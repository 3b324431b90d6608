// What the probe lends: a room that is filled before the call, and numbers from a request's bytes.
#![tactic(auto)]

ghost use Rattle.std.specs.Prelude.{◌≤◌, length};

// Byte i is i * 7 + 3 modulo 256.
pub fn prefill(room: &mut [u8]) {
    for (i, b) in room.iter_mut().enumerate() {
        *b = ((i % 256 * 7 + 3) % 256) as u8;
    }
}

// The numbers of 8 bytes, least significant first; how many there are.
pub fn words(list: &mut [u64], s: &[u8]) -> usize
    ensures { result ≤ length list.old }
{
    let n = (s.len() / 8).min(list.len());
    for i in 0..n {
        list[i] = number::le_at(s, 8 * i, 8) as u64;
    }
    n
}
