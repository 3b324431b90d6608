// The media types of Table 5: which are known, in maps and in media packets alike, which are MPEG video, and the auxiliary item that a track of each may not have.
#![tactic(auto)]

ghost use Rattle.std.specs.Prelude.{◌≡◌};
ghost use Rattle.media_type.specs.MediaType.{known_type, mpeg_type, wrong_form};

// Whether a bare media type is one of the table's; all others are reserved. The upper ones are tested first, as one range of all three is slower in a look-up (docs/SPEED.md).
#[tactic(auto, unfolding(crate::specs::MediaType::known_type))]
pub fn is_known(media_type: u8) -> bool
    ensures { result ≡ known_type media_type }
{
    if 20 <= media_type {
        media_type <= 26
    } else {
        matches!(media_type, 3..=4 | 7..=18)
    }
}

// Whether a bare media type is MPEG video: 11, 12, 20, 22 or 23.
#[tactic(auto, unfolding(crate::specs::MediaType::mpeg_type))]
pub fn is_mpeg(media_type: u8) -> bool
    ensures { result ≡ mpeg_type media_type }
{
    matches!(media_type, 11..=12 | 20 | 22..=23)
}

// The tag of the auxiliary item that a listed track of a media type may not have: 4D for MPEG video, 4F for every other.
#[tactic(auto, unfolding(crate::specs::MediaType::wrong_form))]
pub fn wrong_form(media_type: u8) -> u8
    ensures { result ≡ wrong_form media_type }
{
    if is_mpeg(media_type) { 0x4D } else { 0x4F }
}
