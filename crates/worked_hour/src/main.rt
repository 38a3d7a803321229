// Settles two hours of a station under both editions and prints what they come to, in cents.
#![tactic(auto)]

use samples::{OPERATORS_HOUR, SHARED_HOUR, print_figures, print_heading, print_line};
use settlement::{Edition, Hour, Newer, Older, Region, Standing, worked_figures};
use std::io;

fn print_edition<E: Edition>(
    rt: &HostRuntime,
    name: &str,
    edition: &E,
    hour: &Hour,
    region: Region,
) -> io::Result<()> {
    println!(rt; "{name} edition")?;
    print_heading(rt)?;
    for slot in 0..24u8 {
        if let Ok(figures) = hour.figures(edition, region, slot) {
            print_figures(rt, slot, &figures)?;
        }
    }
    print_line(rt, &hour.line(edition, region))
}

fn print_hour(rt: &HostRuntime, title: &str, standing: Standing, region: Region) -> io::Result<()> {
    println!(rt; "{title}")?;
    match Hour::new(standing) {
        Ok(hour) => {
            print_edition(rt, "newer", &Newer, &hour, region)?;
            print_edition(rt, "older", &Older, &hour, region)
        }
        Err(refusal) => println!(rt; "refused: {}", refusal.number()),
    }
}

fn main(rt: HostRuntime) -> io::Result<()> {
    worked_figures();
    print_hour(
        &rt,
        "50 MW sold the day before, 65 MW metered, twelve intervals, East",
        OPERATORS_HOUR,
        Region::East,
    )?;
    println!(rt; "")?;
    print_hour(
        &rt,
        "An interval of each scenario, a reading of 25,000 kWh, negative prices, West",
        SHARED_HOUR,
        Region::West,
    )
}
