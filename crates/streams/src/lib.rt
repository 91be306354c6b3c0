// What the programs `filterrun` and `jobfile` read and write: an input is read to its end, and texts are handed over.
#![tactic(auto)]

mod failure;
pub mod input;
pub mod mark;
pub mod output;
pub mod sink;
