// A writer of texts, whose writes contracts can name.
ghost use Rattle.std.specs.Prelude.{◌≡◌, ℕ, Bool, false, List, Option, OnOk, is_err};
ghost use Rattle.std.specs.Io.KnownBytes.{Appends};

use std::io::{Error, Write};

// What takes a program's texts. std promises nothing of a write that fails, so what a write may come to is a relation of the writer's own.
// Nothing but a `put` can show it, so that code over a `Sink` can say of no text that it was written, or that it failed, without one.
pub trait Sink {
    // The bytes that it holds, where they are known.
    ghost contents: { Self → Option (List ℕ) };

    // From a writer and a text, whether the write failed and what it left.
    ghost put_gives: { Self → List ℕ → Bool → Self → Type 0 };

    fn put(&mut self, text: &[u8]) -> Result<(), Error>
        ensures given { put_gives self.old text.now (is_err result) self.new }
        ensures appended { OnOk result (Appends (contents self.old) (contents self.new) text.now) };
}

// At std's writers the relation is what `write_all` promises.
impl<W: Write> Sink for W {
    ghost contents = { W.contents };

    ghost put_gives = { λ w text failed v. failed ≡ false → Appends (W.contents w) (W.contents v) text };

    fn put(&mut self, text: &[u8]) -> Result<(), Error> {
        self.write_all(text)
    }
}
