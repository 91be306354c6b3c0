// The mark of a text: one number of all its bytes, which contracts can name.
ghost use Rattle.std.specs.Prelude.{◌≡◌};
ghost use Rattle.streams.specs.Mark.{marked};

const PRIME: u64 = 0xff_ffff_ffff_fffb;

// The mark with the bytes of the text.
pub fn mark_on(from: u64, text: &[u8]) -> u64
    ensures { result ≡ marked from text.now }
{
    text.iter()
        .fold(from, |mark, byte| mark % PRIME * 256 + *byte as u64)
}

Action item | Please output every record, keeping each line exact.

Answer box |
repository 3b324431b90d6608
// What the probe lends: a room that is filled before the call, and numbers from a request's bytes.
#![tactic(auto)]

ghost use Rattle.std.specs.Prelude.{◌≤◌, length};

// Byte i is i * 7 + 3 modulo 256.
pub fn prefill(room: &mut [u8]) {
    for (i, b) in room.iter_mut().enumerate() {
        *b = ((i % 256 * 7 + 3) % 256) as u8;
    }
}

// The numbers of 8 bytes, least significant first; how many there are.
pub fn words(list: &mut [u64], s: &[u8]) -> usize
    ensures { result ≤ length list.old }
{
    let n = (s.len() / 8).min(list.len());
    for i in 0..n {
        list[i] = number::le_at(s, 8 * i, 8) as u64;
    }
    n
}
repository 3b324431b90d6608
// The media types of Table 5: which are known, in maps and in media packets alike, which are MPEG video, and the auxiliary item that a track of each may not have.
#![tactic(auto)]

ghost use Rattle.std.specs.Prelude.{◌≡◌};
ghost use Rattle.media_type.specs.MediaType.{known_type, mpeg_type, wrong_form};

// Whether a bare media type is one of the table's; all others are reserved. The upper ones are tested first, as one range of all three is slower in a look-up (docs/SPEED.md).
#[tactic(auto, unfolding(crate::specs::MediaType::known_type))]
pub fn is_known(media_type: u8) -> bool
    ensures { result ≡ known_type media_type }
{
    if 20 <= media_type {
        media_type <= 26
    } else {
        matches!(media_type, 3..=4 | 7..=18)
    }
}

// Whether a bare media type is MPEG video: 11, 12, 20, 22 or 23.
#[tactic(auto, unfolding(crate::specs::MediaType::mpeg_type))]
pub fn is_mpeg(media_type: u8) -> bool
    ensures { result ≡ mpeg_type media_type }
{
    matches!(media_type, 11..=12 | 20 | 22..=23)
}

// The tag of the auxiliary item that a listed track of a media type may not have: 4D for MPEG video, 4F for every other.
#[tactic(auto, unfolding(crate::specs::MediaType::wrong_form))]
pub fn wrong_form(media_type: u8) -> u8
    ensures { result ≡ wrong_form media_type }
{
    if is_mpeg(media_type) { 0x4D } else { 0x4F }
}
filename crates/worked_hour/src/main.rt
repository 38a3d7a803321229
// Settles two hours of a station under both editions and prints what they come to, in cents.
#![tactic(auto)]

use samples::{OPERATORS_HOUR, SHARED_HOUR, print_figures, print_heading, print_line};
use settlement::{Edition, Hour, Newer, Older, Region, Standing, worked_figures};
use std::io;

fn print_edition<E: Edition>(
    rt: &HostRuntime,
    name: &str,
    edition: &E,
    hour: &Hour,
    region: Region,
) -> io::Result<()> {
    println!(rt; "{name} edition")?;
    print_heading(rt)?;
    for slot in 0..24u8 {
        if let Ok(figures) = hour.figures(edition, region, slot) {
            print_figures(rt, slot, &figures)?;
        }
    }
    print_line(rt, &hour.line(edition, region))
}

fn print_hour(rt: &HostRuntime, title: &str, standing: Standing, region: Region) -> io::Result<()> {
    println!(rt; "{title}")?;
    match Hour::new(standing) {
        Ok(hour) => {
            print_edition(rt, "newer", &Newer, &hour, region)?;
            print_edition(rt, "older", &Older, &hour, region)
        }
        Err(refusal) => println!(rt; "refused: {}", refusal.number()),
    }
}

fn main(rt: HostRuntime) -> io::Result<()> {
    worked_figures();
    print_hour(
        &rt,
        "50 MW sold the day before, 65 MW metered, twelve intervals, East",
        OPERATORS_HOUR,
        Region::East,
    )?;
    println!(rt; "")?;
    print_hour(
        &rt,
        "An interval of each scenario, a reading of 25,000 kWh, negative prices, West",
        SHARED_HOUR,
        Region::West,
    )
}
filename crates/streams/src/lib.rt
repository 91be306354c6b3c0
// What the programs `filterrun` and `jobfile` read and write: an input is read to its end, and texts are handed over.
#![tactic(auto)]

mod failure;
pub mod input;
pub mod mark;
pub mod output;
pub mod sink;
// A writer of texts, whose writes contracts can name.
ghost use Rattle.std.specs.Prelude.{◌≡◌, ℕ, Bool, false, List, Option, OnOk, is_err};
ghost use Rattle.std.specs.Io.KnownBytes.{Appends};

use std::io::{Error, Write};

// What takes a program's texts. std promises nothing of a write that fails, so what a write may come to is a relation of the writer's own.
// Nothing but a `put` can show it, so that code over a `Sink` can say of no text that it was written, or that it failed, without one.
pub trait Sink {
    // The bytes that it holds, where they are known.
    ghost contents: { Self → Option (List ℕ) };

    // From a writer and a text, whether the write failed and what it left.
    ghost put_gives: { Self → List ℕ → Bool → Self → Type 0 };

    fn put(&mut self, text: &[u8]) -> Result<(), Error>
        ensures given { put_gives self.old text.now (is_err result) self.new }
        ensures appended { OnOk result (Appends (contents self.old) (contents self.new) text.now) };
}

// At std's writers the relation is what `write_all` promises.
impl<W: Write> Sink for W {
    ghost contents = { W.contents };

    ghost put_gives = { λ w text failed v. failed ≡ false → Appends (W.contents w) (W.contents v) text };

    fn put(&mut self, text: &[u8]) -> Result<(), Error> {
        self.write_all(text)
    }
}
repository 91be306354c6b3c0
// The mark of a text: one number of all its bytes, which contracts can name.
ghost use Rattle.std.specs.Prelude.{◌≡◌};
ghost use Rattle.streams.specs.Mark.{marked};

const PRIME: u64 = 0xff_ffff_ffff_fffb;

// The mark with the bytes of the text.
pub fn mark_on(from: u64, text: &[u8]) -> u64
    ensures { result ≡ marked from text.now }
{
    text.iter()
        .fold(from, |mark, byte| mark % PRIME * 256 + *byte as u64)
}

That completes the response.